© Bruce Allen August 31, 2021
I’ve always enjoyed winter weather. I tend to run hot, and in winter I’m usually comfortable, inside and outside the house. Don’t mind plowing the driveway, don’t mind slipping and sliding in the car. Don’t like all the salt, but what is one to do? Of the four seasons, winter has been my favorite for a long time.
Early spring and late fall have always been nice. The change of seasons is in full swing; one of the few good things about living in Indiana is that one does get a taste of all four seasons, summer being the longest and most oppressive. My snowblower is now four years old and has about 20 hours on it, most of those spent plowing the sidewalks on my dogwalking route.
Fall was always my second favorite–baseballs and footballs filling the air, cool, crisp days, out in the country the look of farm fields getting prepared for winter. Fall dropped in the ratings back in 2005 when our dog Amos needed to be put down. The effect when we lost Gracie was not nearly so pronounced, so February is still okay. But the Ben Hur Lampman poem about where to bury a dog was written for a dog like Amos. October lost some of its allure after he passed.
I’ve never really liked summers. I inherited a pronounced intolerance to heat and humidity from my dad, who suffered mightily in the hot months and whose idea of a nice day at the beach involved a gin and tonic, an air-conditioned living room, and a color TV. He did like to open the sliding glass doors of their condo at night and listen to the waves. But summer for me has been, for a long time, something to endure, something to get through. Probably not a coincidence that I’m writing this on the last day of August, two weeks to the day since Nancy died.
Two weeks since the brutal struggle of her last week on earth came to a merciful close. Two weeks that have found me still in shock, immobilized, unable to stop weeping, unable to say why I’m weeping other an insightful “just everything.” Unable to write these damned thank-you notes because my eyes fill with tears and I can’t see down through my bifocals. I can’t talk about it; I can only write about it with dry eyes.
Most of the time, the feeling is similar to back when she would take a week in Seattle and I would stay home with the dog. Those ‘staycations’ for me were a way to spend a few unsupervised days attending to my various vices–smoking cigars, bad food, lots of CNN–with no fear of discovery. Only I can’t shake the fear of being discovered, can’t stop listening. Then arrives one of those moments that cause me trouble, when I have to hit myself on the forehead to remind myself that she won’t be back. I realize now that I probably asked her a dozen questions a day. Those questions are going unasked and unanswered. Where are her pearls? Where is the bequest ledger of all things? How is it that I ended up having cheese and crackers and a brownie for dinner last night?

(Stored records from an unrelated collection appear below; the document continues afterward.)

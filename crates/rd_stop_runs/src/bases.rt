//! The databases from which runs start. Each but the empty one has its last changes in its log
//! alone.

use crate::commands::{Command, Sample};
use crate::desk::{desk_of, give_all, words_of_create, words_of_open};
use crate::drive::Sort;
use crate::files::{FilesStore, Pair, USUAL_FRAMES, close, connect, into_files, options};
use anyhow::{Result, bail, ensure};
use rd_fakes::desk::{into_connection, into_store, made, migrate};
use rd_policy::Audience;
use rd_samples::rules::{CLOSED, OPEN, TAKEDOWN};
use rd_store::Store;
use sqlite::{Alter, Connection, Error, Options};
use std::alloc::Global;

/// The number from which the bases make the salts of their logs.
const SALT: u64 = 1;

/// A database from which runs start.
#[derive(Clone, Copy)]
pub(crate) enum Base {
    /// Two empty files.
    Empty,
    /// Files whose tables were dropped. The drops are in the log.
    Bare,
    /// A desk with two keys, two deeds and two rules. The last rule is in the log.
    Desk,
    /// The same files, and behind the log a piece of a page that was not written whole.
    Torn,
    /// The desk with an image. The last rule is in the log.
    Image,
    /// The same rows. The image is in the log.
    Logged,
    /// The same with a check of the image on the day of the requests. The check is in the log.
    Checked,
    /// The desk with an image, a takedown of it, and another key of the staff. The key is in the log.
    Takedown,
    /// The desk with an image, and each page with a sum. The last rule is in the log.
    Summed,
    /// The desk with three images and a third deed, in the tables of version 1. The deed is in the
    /// log.
    First,
}

/// How the files of a base are made.
#[derive(Clone, Copy)]
struct Plan {
    /// Whether each page of the database ends in a sum.
    has_sums: bool,
    /// The commands for a new desk, and then statements. What they change is in the database.
    commands: &'static [Command],
    statements: &'static [&'static str],
    /// The last change, which is in the log.
    last: Last,
    /// Whether a piece of a page that was not written whole stands behind the log.
    is_torn: bool,
}

/// The last change of a base.
#[derive(Clone, Copy)]
enum Last {
    Commands(&'static [Command]),
    Statements(&'static [&'static str]),
}

const ROOM_KEY: Command = Command::PutKey("hello", Audience::Room);

const CURATOR: Command = Command::PutDeed {
    num: 7,
    donor: "A. Curator",
    signed: 18_020,
};

const DONOR: Command = Command::PutDeed {
    num: 8,
    donor: "B. Donor",
    signed: 18_321,
};

const CLOSED_RULE: Command = Command::PutRule(CLOSED);

const OPEN_RULE: Command = Command::PutRule(OPEN);

const PROGRAM: Command = Command::PutImage(12, Sample::Program);

const WITH_RULES: &[Command] = &[ROOM_KEY, CURATOR, DONOR, CLOSED_RULE, OPEN_RULE];

const WITH_IMAGE: &[Command] = &[ROOM_KEY, CURATOR, DONOR, CLOSED_RULE, OPEN_RULE, PROGRAM];

const DESK: Plan = Plan {
    has_sums: false,
    commands: &[ROOM_KEY, CURATOR, DONOR, CLOSED_RULE],
    statements: &[],
    last: Last::Commands(&[OPEN_RULE]),
    is_torn: false,
};

/// Its last change drops all tables.
const BARE: Plan = Plan {
    commands: WITH_RULES,
    last: Last::Statements(&[
        "DROP TABLE marks",
        "DROP TABLE found",
        "DROP TABLE checked",
        "DROP TABLE badge",
        "DROP TABLE rule",
        "DROP TABLE image",
        "DROP TABLE deed",
        "DROP TABLE desk",
    ]),
    ..DESK
};

const TORN: Plan = Plan {
    is_torn: true,
    ..DESK
};

const IMAGE: Plan = Plan {
    commands: &[ROOM_KEY, CURATOR, DONOR, CLOSED_RULE, PROGRAM],
    ..DESK
};

const LOGGED: Plan = Plan {
    commands: WITH_RULES,
    last: Last::Commands(&[PROGRAM]),
    ..DESK
};

const CHECKED: Plan = Plan {
    commands: WITH_IMAGE,
    last: Last::Commands(&[Command::Check(12)]),
    ..DESK
};

const TAKEN_DOWN: Plan = Plan {
    commands: &[
        ROOM_KEY,
        CURATOR,
        DONOR,
        CLOSED_RULE,
        OPEN_RULE,
        PROGRAM,
        Command::PutRule(TAKEDOWN),
    ],
    last: Last::Commands(&[Command::PutKey("other", Audience::Staff)]),
    ..DESK
};

const SUMMED: Plan = Plan {
    has_sums: true,
    ..IMAGE
};

/// Its statements make the tables those of version 1, and its last change puts a third deed.
const FIRST: Plan = Plan {
    commands: &[
        ROOM_KEY,
        CURATOR,
        DONOR,
        CLOSED_RULE,
        OPEN_RULE,
        PROGRAM,
        Command::PutImage(13, Sample::Looped),
        Command::PutImage(15, Sample::Record),
    ],
    statements: &["DROP TABLE marks", "UPDATE desk SET version = 1"],
    last: Last::Statements(&[
        "INSERT INTO deed (num, donor, signed) VALUES (9, 'C. Donor', 18628)",
    ]),
    ..DESK
};

/// How the files of a base are made; `None` for two empty ones.
fn plan_of(base: Base) -> Option<Plan> {
    match base {
        Base::Empty => None,
        Base::Bare => Some(BARE),
        Base::Desk => Some(DESK),
        Base::Torn => Some(TORN),
        Base::Image => Some(IMAGE),
        Base::Logged => Some(LOGGED),
        Base::Checked => Some(CHECKED),
        Base::Takedown => Some(TAKEN_DOWN),
        Base::Summed => Some(SUMMED),
        Base::First => Some(FIRST),
    }
}

/// Connects to the database in two files. Where they are new, its pages get sums if that is asked for.
fn connection(
    alloc: Global,
    pair: &Pair,
    how: Options,
    new_has_sums: bool,
) -> Result<Connection<FilesStore>> {
    let files = pair.files(alloc, Sort::AnyBytes, None)?;
    match connect(alloc, files, how, new_has_sums) {
        Ok(conn) => Ok(conn),
        Err((error, _)) => bail!("no database: {error}"),
    }
}

/// A new store with one staff key, in new files.
fn new_store(alloc: Global, has_sums: bool) -> Result<Store<FilesStore>> {
    let how = options(SALT, USUAL_FRAMES);
    let conn = connection(alloc, &Pair::empty(alloc), how, has_sums)?;
    match made(conn) {
        Ok(store) => Ok(store),
        Err(fault) => bail!("no desk: {}", words_of_create(fault)),
    }
}

/// The store in two files.
fn store_in(alloc: Global, pair: &Pair, how: Options) -> Result<Store<FilesStore>> {
    let conn = connection(alloc, pair, how, false)?;
    match migrate(alloc, conn) {
        Ok(store) => Ok(store),
        Err((fault, _)) => bail!("no desk: {}", words_of_open(fault)),
    }
}

/// The store in two files at which nothing stops, to read it.
pub(crate) fn standing_store(alloc: Global, pair: &Pair) -> Result<Store<FilesStore>> {
    store_in(alloc, pair, pair.options(SALT))
}

/// The files of a connection, with all pages in the database.
fn copied(conn: Connection<FilesStore>) -> Result<Pair> {
    let pair = Pair::kept(&close(conn))?;
    ensure!(!pair.has_logged(), "pages are left in the log");
    Ok(pair)
}

/// The files of a connection, with its pages in the log.
fn kept_in_log(conn: Connection<FilesStore>) -> Result<Pair> {
    let pair = Pair::kept(&into_files(conn))?;
    ensure!(pair.has_logged(), "no pages are in the log");
    Ok(pair)
}

/// The connection of a store after commands of the staff.
fn after_commands<S: Alter + Drop>(
    alloc: Global,
    store: Store<S>,
    commands: &[Command],
) -> Result<Connection<S>> {
    let mut desk = desk_of(store)?;
    give_all(alloc, &mut desk, commands)?;
    Ok(into_connection(into_store(desk)))
}

fn execute<S: Alter>(conn: &mut Connection<S>, sql: &str) -> Result<usize, Error> {
    conn.execute(sql, &[])
}

/// A connection to the database in two files after statements.
fn after_statements(
    alloc: Global,
    pair: &Pair,
    statements: &[&str],
) -> Result<Connection<FilesStore>> {
    let mut conn = connection(alloc, pair, options(SALT, USUAL_FRAMES), false)?;
    for sql in statements {
        execute(&mut conn, *sql)?;
    }
    Ok(conn)
}

/// The files of a base before its last change, with all pages in the database.
fn begun(alloc: Global, plan: Plan) -> Result<Pair> {
    let store = new_store(alloc, plan.has_sums)?;
    let pair = copied(after_commands(alloc, store, plan.commands)?)?;
    ensure!(
        pair.has_sums() == plan.has_sums,
        "the pages have sums, or none, as they must not"
    );
    if plan.statements.is_empty() {
        return Ok(pair);
    }
    copied(after_statements(alloc, &pair, plan.statements)?)
}

/// The files of a base after its last change, which is in the log.
fn ended(alloc: Global, pair: &Pair, last: Last) -> Result<Pair> {
    kept_in_log(match last {
        Last::Statements(statements) => after_statements(alloc, pair, statements)?,
        Last::Commands(commands) => {
            let store = store_in(alloc, pair, options(SALT, USUAL_FRAMES))?;
            after_commands(alloc, store, commands)?
        }
    })
}

pub(crate) fn files_of(alloc: Global, base: Base) -> Result<Pair> {
    let Some(plan) = plan_of(base) else {
        return Ok(Pair::empty(alloc));
    };
    let pair = ended(alloc, &begun(alloc, plan)?, plan.last)?;
    if plan.is_torn {
        return Ok(pair.torn()?);
    }
    Ok(pair)
}
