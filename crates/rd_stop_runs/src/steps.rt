//! Changes of a file since its last sync, and the parts of them that a crash keeps.

use crate::bytes::{resize, write_over};
use rand_core::Rng;
use rand_pcg::Pcg32;
use std::alloc::{AllocError, Global};

/// How many bytes of a write a crash keeps, loses or harms together.
const PIECE: usize = 512;

/// A call that changed a file.
#[derive(Drop)]
pub(crate) enum Step {
    /// It wrote these bytes from an offset on.
    Write(usize, Vec<u8>),
    /// It cut or filled the file to a length.
    Length(usize),
}

/// Notes a write of bytes from an offset on.
pub(crate) fn note_write(
    alloc: Global,
    steps: &mut Vec<Step>,
    at: usize,
    bytes: &[u8],
) -> Result<(), AllocError> {
    Ok(steps.push(Step::Write(at, Vec::from_slice(alloc, bytes)?))?)
}

/// Notes a change of the length.
pub(crate) fn note_length(steps: &mut Vec<Step>, len: usize) -> Result<(), AllocError> {
    Ok(steps.push(Step::Length(len))?)
}

/// A draw with two outcomes.
fn is_drawn(draws: &mut Pcg32) -> bool {
    draws.next_u32() % 2 == 0
}

/// Makes a change in a file.
fn apply(file: &mut Vec<u8>, step: &Step) -> Result<(), AllocError> {
    match step {
        Step::Write(at, bytes) => write_over(file, *at, bytes.as_slice()),
        Step::Length(len) => resize(file, *len),
    }
}

/// Makes changes in a file.
pub(crate) fn apply_all(file: &mut Vec<u8>, steps: &[Step]) -> Result<(), AllocError> {
    for step in steps {
        apply(file, step)?;
    }
    Ok(())
}

/// Cuts a file to a length, or fills it with zeros, or neither, as a draw says.
fn resize_or_not(file: &mut Vec<u8>, len: usize, draws: &mut Pcg32) -> Result<(), AllocError> {
    if is_drawn(draws) {
        resize(file, len)?;
    }
    Ok(())
}

// Calls that a crash keeps whole.

/// Makes some of the changes in a file, each of them whole.
fn keep_calls(file: &mut Vec<u8>, steps: &[Step], draws: &mut Pcg32) -> Result<(), AllocError> {
    for step in steps {
        if is_drawn(draws) {
            apply(file, step)?;
        }
    }
    Ok(())
}

// The first calls.

/// Makes the front of a change in a file: of a write the first bytes, as many as a draw says, from none to all.
fn apply_front(file: &mut Vec<u8>, step: &Step, draws: &mut Pcg32) -> Result<(), AllocError> {
    match step {
        Step::Write(at, bytes) => {
            let count = draws.next_u32() as usize % (bytes.len() + 1);
            write_over(file, *at, &bytes[..count])
        }
        Step::Length(len) => resize_or_not(file, *len, draws),
    }
}

/// Makes the first changes in a file, as many as a draw says, and the front of the one after them.
fn keep_front(file: &mut Vec<u8>, steps: &[Step], draws: &mut Pcg32) -> Result<(), AllocError> {
    let count = draws.next_u32() as usize % (steps.len() + 1);
    apply_all(file, &steps[..count])?;
    match steps.get(count) {
        Some(step) => apply_front(file, step, draws),
        None => Ok(()),
    }
}

// All but a piece or two.

/// How many pieces changes write.
fn pieces_of(steps: &[Step]) -> usize {
    let mut count = 0usize;
    for step in steps {
        if let Step::Write(_, bytes) = step {
            let pieces = bytes.len().saturating_add(PIECE - 1) / PIECE;
            count = count.saturating_add(pieces);
        }
    }
    count
}

/// A draw of one of so many pieces.
fn drawn_piece(pieces: usize, draws: &mut Pcg32) -> usize {
    let drawn = draws.next_u32() as usize;
    if pieces == 0 { 0 } else { drawn % pieces }
}

/// Writes these bytes over those of a file from an offset on, without the two lost pieces. Pieces
/// are counted from the first change on; gives the number of the next one.
fn write_but(
    file: &mut Vec<u8>,
    at: usize,
    bytes: &[u8],
    first: usize,
    lost: (usize, usize),
) -> Result<usize, AllocError> {
    let mut place = at;
    let mut number = first;
    for piece in bytes.chunks(PIECE) {
        if number != lost.0 && number != lost.1 {
            write_over(file, place, piece)?;
        }
        place = place.saturating_add(PIECE);
        number = number.saturating_add(1);
    }
    Ok(number)
}

/// Makes a change in a file without the two lost pieces, and gives the number of the next piece.
fn apply_but(
    file: &mut Vec<u8>,
    step: &Step,
    first: usize,
    lost: (usize, usize),
) -> Result<usize, AllocError> {
    match step {
        Step::Write(at, bytes) => write_but(file, *at, bytes.as_slice(), first, lost),
        Step::Length(len) => {
            resize(file, *len)?;
            Ok(first)
        }
    }
}

/// Makes all changes in a file but one piece or two that are drawn.
fn keep_all_but(file: &mut Vec<u8>, steps: &[Step], draws: &mut Pcg32) -> Result<(), AllocError> {
    let pieces = pieces_of(steps);
    let one = drawn_piece(pieces, draws);
    let other = drawn_piece(pieces, draws);
    let mut number = 0usize;
    for step in steps {
        number = apply_but(file, step, number, (one, other))?;
    }
    Ok(())
}

// Each piece by a draw of its own.

/// What a crash leaves of a piece.
#[derive(Clone, Copy)]
enum Remains {
    Kept,
    Lost,
    /// It leaves other bytes there.
    Harmed,
}

/// Draws what remains of a piece. From an offset on a crash may leave any bytes.
fn remains_at(place: usize, any_from: usize, draws: &mut Pcg32) -> Remains {
    let drawn = draws.next_u32();
    if place >= any_from && drawn % 3 == 0 {
        Remains::Harmed
    } else if drawn % 2 == 0 {
        Remains::Kept
    } else {
        Remains::Lost
    }
}

/// Writes so many drawn bytes over those of a file from an offset on.
fn write_drawn(
    file: &mut Vec<u8>,
    at: usize,
    count: usize,
    draws: &mut Pcg32,
) -> Result<(), AllocError> {
    let alloc = *file.allocator();
    let mut bytes = vec![in alloc; 0u8; count]?;
    draws.fill_bytes(bytes.as_mut_slice());
    write_over(file, at, bytes.as_slice())
}

/// Writes the pieces of these bytes over those of a file from an offset on, each kept, lost or harmed, as is drawn.
fn write_pieces(
    file: &mut Vec<u8>,
    at: usize,
    bytes: &[u8],
    any_from: usize,
    draws: &mut Pcg32,
) -> Result<(), AllocError> {
    let mut place = at;
    for piece in bytes.chunks(PIECE) {
        match remains_at(place, any_from, draws) {
            Remains::Kept => write_over(file, place, piece)?,
            Remains::Lost => {}
            Remains::Harmed => write_drawn(file, place, piece.len(), draws)?,
        }
        place = place.saturating_add(PIECE);
    }
    Ok(())
}

/// Makes some pieces of a change in a file.
fn apply_pieces(
    file: &mut Vec<u8>,
    step: &Step,
    any_from: usize,
    draws: &mut Pcg32,
) -> Result<(), AllocError> {
    match step {
        Step::Write(at, bytes) => write_pieces(file, *at, bytes.as_slice(), any_from, draws),
        Step::Length(len) => resize_or_not(file, *len, draws),
    }
}

/// Makes some pieces of the changes in a file.
fn keep_pieces(
    file: &mut Vec<u8>,
    steps: &[Step],
    any_from: usize,
    draws: &mut Pcg32,
) -> Result<(), AllocError> {
    for step in steps {
        apply_pieces(file, step, any_from, draws)?;
    }
    Ok(())
}

/// Makes a part of the changes in a file. A draw says whether it is some calls, the first ones, all
/// but a piece or two, or some pieces. Of pieces from an offset on a crash may leave any bytes.
pub(crate) fn keep_part(
    file: &mut Vec<u8>,
    steps: &[Step],
    any_from: usize,
    draws: &mut Pcg32,
) -> Result<(), AllocError> {
    match draws.next_u32() % 4 {
        0 => keep_calls(file, steps, draws),
        1 => keep_front(file, steps, draws),
        2 => keep_all_but(file, steps, draws),
        _ => keep_pieces(file, steps, any_from, draws),
    }
}
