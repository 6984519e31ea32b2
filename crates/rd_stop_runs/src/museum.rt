//! A machine whose store is a database on two files in memory, and commands of the program on it.

ghost use Rattle.std.specs.Prelude.{Some};
ghost use Rattle.rd_samples.specs.declared.days.TheConstants.{AFTER};

use crate::commands::{Sample, bytes_of};
use anyhow::{Result, bail};
use rd_fakes::wire::new_door;
use rd_machines::{Museum, STORE, Supply};
use rd_program::{MachineFault, Remembered, Why, run};
use rd_samples::days::AFTER;
use rd_samples::keys::STAFF_KEY;
use sqlite::{Alter, Connection};
use std::alloc::{AllocError, Global};

/// The words of an import.
const IMPORT: &[&str] = &[
    "import",
    "--store",
    STORE,
    "--key",
    STAFF_KEY,
    "--sheet",
    "images.csv",
];

/// The words that put a key of the staff, for whom no other key is asked.
const STAFF_KEY_COMMAND: &[&str] = &["staff-key", "--store", STORE, "--key", "spare"];

/// The accession of the first row of the sheet.
const FIRST_ACC: usize = 21;

/// The accession of a row of the sheet, counted from 0.
pub(crate) fn accession_of(row: usize) -> usize {
    FIRST_ACC.saturating_add(row)
}

/// What the machine gives beside its store: a sheet of some rows, and the one image that all rows name.
#[derive(Drop)]
struct Given {
    rows: usize,
}

/// A sheet of some rows, each with an accession of its own.
fn sheet(alloc: Global, rows: usize) -> Result<String, AllocError> {
    let mut text = String::from_str(alloc, "accession,kind,deed,sha256,file\n")?;
    for row in 0..rows {
        let acc = accession_of(row);
        write!(
            text,
            "{acc},d64,7,ee352834e06f2b572e65490eb845939724cc38542aed18acdf81eded76912afb,hello.d64\n"
        )?;
    }
    Ok(text)
}

impl Supply for Given {
    ghost clock = { λ _. Some AFTER };

    fn image(&self, alloc: Global, _path: &str) -> Result<Vec<u8>, MachineFault> {
        bytes_of(alloc, Sample::Program).map_err(|_| MachineFault::NoMemory)
    }

    fn sheet(&self, alloc: Global, _path: &str) -> Result<Vec<u8>, MachineFault> {
        match sheet(alloc, self.rows) {
            Ok(text) => Ok(text.into_bytes()),
            Err(_) => Err(MachineFault::NoMemory),
        }
    }

    fn now(&mut self) -> Result<i64, MachineFault> {
        Ok(AFTER)
    }
}

/// The status of a command, and what it wrote to both outputs.
#[derive(Drop)]
pub(crate) struct Written {
    pub(crate) status: u8,
    pub(crate) output: Vec<u8>,
    pub(crate) errors: Vec<u8>,
}

/// Has a machine carry out a command.
fn written_on<S: Alter + Drop>(
    alloc: Global,
    words: &[&str],
    museum: &mut Museum<Given, S>,
) -> Written {
    let mut output = Vec::new(alloc);
    let mut errors = Vec::new(alloc);
    let status = run(
        alloc,
        words,
        &mut [].as_slice(),
        &mut output,
        &mut errors,
        museum,
        &mut { Why::UNKNOWN },
    );
    Written {
        status,
        output,
        errors,
    }
}

/// Imports a sheet of some rows into the store of a connection, or puts a key of the staff, and gives the connection back.
pub(crate) fn run_command<S: Alter + Drop>(
    alloc: Global,
    rows: Option<usize>,
    conn: Connection<S>,
) -> Result<(Written, Connection<S>)> {
    let (words, rows) = match rows {
        Some(rows) => (IMPORT, rows),
        None => (STAFF_KEY_COMMAND, 0),
    };
    let door = new_door(alloc, Vec::new(alloc))?;
    let mut museum = Museum {
        conn: Some(conn),
        fresh: None,
        door,
        limits: None,
        supply: Given { rows },
        remembered: Remembered::new(alloc),
    };
    let written = written_on(alloc, words, &mut museum);
    match museum.conn.take() {
        Some(conn) => Ok((written, conn)),
        None => bail!("the program did not give the store back"),
    }
}
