//! A file in memory that notes its changes since its last sync, and counts its calls and syncs.

ghost use Rattle.std.specs.Prelude.{◌≡◌, length, true, false, refl, is_ok, OnOk};
ghost use Rattle.sqlite_disk.specs.Disk.{CountsFault, Cut, Holds, Torn, Mixed};
ghost use Rattle.sqlite_disk.specs.Refusal.{finds_no_room};

use crate::bytes::{resize, write_over};
use crate::steps::{Step, apply_all, keep_part, note_length, note_write};
use rand_pcg::Pcg32;
use sqlite_disk::{Disk, Tally, digest_of};
use std::alloc::{AllocError, Global};
use std::io;
use std::io::ErrorKind;

/// What a crash does to a file.
#[derive(Clone, Copy, PartialEq, Eq)]
pub(crate) enum Sort {
    /// It may leave any bytes where it interrupts a write, so a commit has to sync twice.
    AnyBytes,
    /// It leaves each byte that was there at the last sync old or new, so a commit may sync once.
    OldOrNew,
    /// As `AnyBytes`. But the file forgets its syncs: a crash may lose what it has synced.
    Forgetful,
}

impl Sort {
    /// What the output says of it.
    pub(crate) fn words(self) -> &'static str {
        match self {
            Sort::AnyBytes => "a crash leaves any bytes",
            Sort::OldOrNew => "a crash leaves old or new bytes",
            Sort::Forgetful => "syncs are forgotten",
        }
    }
}

/// A file in memory.
///
/// Its contract says that a crash leaves it as it is. What else a crash leaves, `lost` and `part`
/// give, of which no contract speaks.
#[derive(Drop)]
pub(crate) struct Drive {
    bytes: Vec<u8>,
    /// What it held at its last sync.
    synced: Vec<u8>,
    /// Its changes since then.
    steps: Vec<Step>,
    is_bytewise: bool,
    is_forgetful: bool,
    /// Whether no sync has failed.
    is_usable: bool,
    /// How many calls failed.
    faults: u64,
    /// How many calls found bytes that have another digest.
    caught: u64,
    /// How many calls came.
    pub(crate) calls: u64,
    /// How many of them were syncs.
    pub(crate) syncs: u64,
}

impl Drive {
    /// A file that holds these bytes and has synced them.
    pub(crate) fn new(alloc: Global, bytes: &[u8], sort: Sort) -> Result<Drive, AllocError> {
        Ok(Drive {
            bytes: Vec::from_slice(alloc, bytes)?,
            synced: Vec::from_slice(alloc, bytes)?,
            steps: Vec::new(alloc),
            is_bytewise: sort == Sort::OldOrNew,
            is_forgetful: sort == Sort::Forgetful,
            is_usable: true,
            faults: 0,
            caught: 0,
            calls: 0,
            syncs: 0,
        })
    }

    /// How many bytes it holds.
    pub(crate) fn size(&self) -> usize {
        self.bytes.len()
    }

    /// Whether it has not changed since its last sync.
    pub(crate) fn is_settled(&self) -> bool {
        self.steps.is_empty()
    }

    /// What a crash leaves that loses nothing.
    pub(crate) fn kept(&self) -> Result<Vec<u8>, AllocError> {
        Vec::from_slice(*self.bytes.allocator(), self.bytes.as_slice())
    }

    /// What a crash leaves that loses all changes since the last sync.
    pub(crate) fn lost(&self) -> Result<Vec<u8>, AllocError> {
        Vec::from_slice(*self.synced.allocator(), self.synced.as_slice())
    }

    /// What a crash leaves that keeps a part of them. Draws say which.
    pub(crate) fn part(&self, draws: &mut Pcg32) -> Result<Vec<u8>, AllocError> {
        let any_from = if self.is_bytewise {
            self.synced.len()
        } else {
            0
        };
        let mut file = self.lost()?;
        keep_part(&mut file, self.steps.as_slice(), any_from, draws)?;
        Ok(file)
    }
}

/// Counts a call that fails.
fn count(outcome: Result<(), AllocError>, faults: &mut u64) -> io::Result<()>
    ensures variant { is_ok result ≡ is_ok outcome }
    ensures kind { finds_no_room result ≡ false }
    ensures faults { CountsFault result faults.old faults.new }
{
    if outcome.is_err() {
        *faults = faults.saturating_add(1);
        return Err(io::Error::from(ErrorKind::OutOfMemory));
    }
    Ok(())
}

/// Notes a write, and makes it.
fn write(
    file: &mut Vec<u8>,
    steps: &mut Vec<Step>,
    at: usize,
    bytes: &[u8],
) -> Result<(), AllocError>
    ensures written { OnOk result (Holds file.new.items at bytes.now) }
    ensures others { Torn at (length bytes.now) file.old.items file.new.items }
    ensures mixed { Mixed at bytes.now file.old.items file.new.items }
{
    note_write(*file.allocator(), steps, at, bytes)?;
    write_over(file, at, bytes)
}

/// Notes a change of the length, and makes it.
fn set_length(file: &mut Vec<u8>, steps: &mut Vec<Step>, len: usize) -> Result<(), AllocError>
    ensures len { OnOk result (length file.new.items ≡ len) }
    ensures others { Cut len file.old.items file.new.items }
{
    note_length(steps, len)?;
    resize(file, len)
}

/// Makes the changes of a file in what it has synced, unless it forgets them.
fn settle(
    is_forgetful: bool,
    synced: &mut Vec<u8>,
    steps: &mut Vec<Step>,
) -> Result<(), AllocError> {
    if is_forgetful {
        return Ok(());
    }
    apply_all(synced, steps.as_slice())?;
    steps.clear();
    Ok(())
}

impl Disk for Drive {
    ghost seen = { λ f. f.bytes.items };

    ghost may_leave = { λ f c. c ≡ f.bytes.items };

    ghost is_usable = { λ f. f.is_usable };

    ghost faults = { λ f. f.faults };

    ghost is_clean = { λ _. true };

    ghost tally_of = { λ f. record { caught = f.caught; refused = 0 } };

    ghost key_of = { λ _. 0 };

    ghost is_fair = { λ _ _. true };

    ghost is_mixing = { λ f. f.is_bytewise };

    ghost fair_if_clean = { λ _ _ _. refl };

    ghost seen_may_stay = { λ _. refl };

    fn mixes(&self) -> bool {
        self.is_bytewise
    }

    fn key(&self) -> u64 {
        0
    }

    fn tally(&self) -> Tally {
        Tally {
            caught: self.caught,
            refused: 0,
        }
    }

    fn may_be_used(&self) -> bool {
        self.is_usable
    }

    fn len(&mut self) -> io::Result<usize> {
        self.calls = self.calls.saturating_add(1);
        Ok(self.bytes.len())
    }

    fn read_at(&mut self, at: usize, buf: &mut [u8]) -> io::Result<()> {
        self.calls = self.calls.saturating_add(1);
        if at > self.bytes.len() || buf.len() > self.bytes.len() - at {
            return Err(ErrorKind::UnexpectedEof.into());
        }
        buf.copy_from_slice(&self.bytes[at..at + buf.len()]);
        Ok(())
    }

    fn read_checked(&mut self, key: u64, want: u64, at: usize, buf: &mut [u8]) -> io::Result<()> {
        self.read_at(at, buf)?;
        if digest_of(key, buf) != want {
            self.faults = self.faults.saturating_add(1);
            self.caught = self.caught.saturating_add(1);
            return Err(ErrorKind::InvalidData.into());
        }
        Ok(())
    }

    fn write_at(&mut self, at: usize, bytes: &[u8]) -> io::Result<()> {
        self.calls = self.calls.saturating_add(1);
        let done = write(&mut self.bytes, &mut self.steps, at, bytes);
        count(done, &mut self.faults)
    }

    fn set_len(&mut self, len: usize) -> io::Result<()> {
        self.calls = self.calls.saturating_add(1);
        let done = set_length(&mut self.bytes, &mut self.steps, len);
        count(done, &mut self.faults)
    }

    fn sync(&mut self) -> io::Result<()> {
        self.calls = self.calls.saturating_add(1);
        self.syncs = self.syncs.saturating_add(1);
        self.is_usable = false;
        let done = settle(self.is_forgetful, &mut self.synced, &mut self.steps);
        count(done, &mut self.faults)?;
        self.is_usable = true;
        Ok(())
    }
}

We have a friend who is gravely ill with cancer and I’m taking some egg custards over there in response to my WWND–she would have me make egg custards and then drive her over there with them. So I might as well do it myself. WWND intended to drive me to that conclusion in the first place. But our friend’s prognosis is poor and about to get worse, I fear, and I may not get another chance. I will probably end up spending plenty of time with her husband; they were married forever, and he will be a mess. Next up will be our old friends on the south side who have myriad health issues themselves.
I’m trying to find someone to serve outside of myself, and these friends seem to be the first logical choices. There will be others. Going with my daughter next week to visit one of Nancy’s collection of disabled people over at his group home on the west side.
Things were getting bad for Nancy this past spring, but she was determined to get her last Bethany trip done. So she toughed through the pain for months in exchange for one last week in the sand with her grand kids. Things went straight downhill once we returned. Six weeks later she was gone. A lost summer, a memorable summer, a gruesome summer for the girls and me.
So far this has been worse than I had anticipated. It’s a guy thing, and I should have recognized it as such early on–the tendency to underestimate the difficulty of pretty much everything. The extent to which I have underestimated the emotional toll this is taking on me is laughable; I am going to have to seek counseling if things don’t improve in a hurry. For now, I am hunkered down, trying to discern God’s will in all of this. It seems to be venturing close to my motto, “Be humble or get humbled.”
My new bank checks arrived yesterday. Her name no longer appears on them; our joint account is now a single account. It feels disloyal. Lord please deliver me from too many more summers like 2021.
Nancy and two of our girls, late in the game. Still smiling.